L’ex-premier ministre s’est entouré de conseillers et multiplie les dîners à Barcelone, en vue des municipales de mai 2019. Face aux indépendantistes, Manuel Valls veut être le « candidat de l’ordre ». Mais il retarde sa décision, conscient du risque d’échec. Issu de la droite dure, l’un de ses conseillers crispe.

 

Barcelone (Espagne), envoyé spécial.– Il répète qu’il n’a pas pris sa décision. « Je me donne encore quelques semaines de réflexion », a fait savoir Manuel Valls au quotidien El País le 19 juillet. L’ancien premier ministre français a prévu de dire, en septembre ou octobre, s’il se lançait dans la course à la mairie de Barcelone, en vue des élections du 26 mai 2019.

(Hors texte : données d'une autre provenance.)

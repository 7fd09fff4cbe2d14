//! The theorem that no cell is lost, at every moment of every execution.
ghost use Rattle.ol_pool.specs.Deques.{NoCellIsLost};

use crate::deques::{Fair, Log};
use crossbeam_deque::protocol::Protocol;

/// Theorem: at every moment, in every interleaving of the calls of all hands, each cell that was
/// put into a hand's deque is in that deque or was given to a hand, exactly as often as it was put.
/// While a pool is being made, before its first cell, a deque may contain the bound of all cells
/// instead.
pub fn no_cell_is_lost()
    ensures { NoCellIsLost ⟦<Fair as Protocol<u32, Log>>⟧.holds }
{}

Il est en tout cas très « motivé », selon le mot d’Inés Arrimadas, la figure montante de Ciudadanos en Catalogne. Ce parti de la droite libérale, allié de LREM en France, a proposé à l’ancien premier ministre d’être son candidat pour Barcelone. « Il doit prendre la décision, qui n’est pas seulement politique mais personnelle, de se lancer dans une aventure qui serait fantastique et inédite », s’est enthousiasmée Arrimadas mi-juillet.

Durant l’été, Valls consulte à tout-va. L’ancien socialiste enchaîne les dîners dans la capitale catalane, rencontre des chefs de parti, des patrons de presse et des entrepreneurs. Avec un groupe d’une quinzaine de conseillers qui militent pour sa candidature et l’alimentent en fiches, Valls tente d’ébaucher une stratégie pour remporter la deuxième ville d’Espagne, où il est né en 1962 avant d’emménager, très jeune, en France.

À peine lâchée l’hypothèse d’un parachutage Valls, des figures de la politique locale se sont préparées à la bataille. « Certains ont l’air désespéré au point de chercher des noms de célébrités », a ironisé la maire de Barcelone, Ada Colau, une ancienne activiste pour le droit au logement. Elle a aussi critiqué les positions « réactionnaires » de Manuel Valls sur les questions migratoires, ajoutant : « Ce qui m’interpelle, c’est qu’il ne vit pas à Barcelone. » Le candidat socialiste, Jaume Collboni, a lancé quant à lui : « Barcelone ne peut pas être un simple prix de consolidation pour les carrières politiques empêchées. »

Du côté du monde indépendantiste, le ton est plus rude, face à ce qu’on appelle dans le football espagnol un « fichaje galáctico », un « transfert phénoménal ». Pour le conservateur Xavier Trias, ancien maire de la ville (de 2011 à 2015), Valls est tout simplement « un facho », en référence à sa défense arc-boutée de « l’unité de l’Espagne ». Quant à Alfred Bosch, candidat à la mairie pour l’ERC, la gauche républicaine indépendantiste, il déclare : « Barcelone n’est pas une piste d’atterrissage pour parachutés. »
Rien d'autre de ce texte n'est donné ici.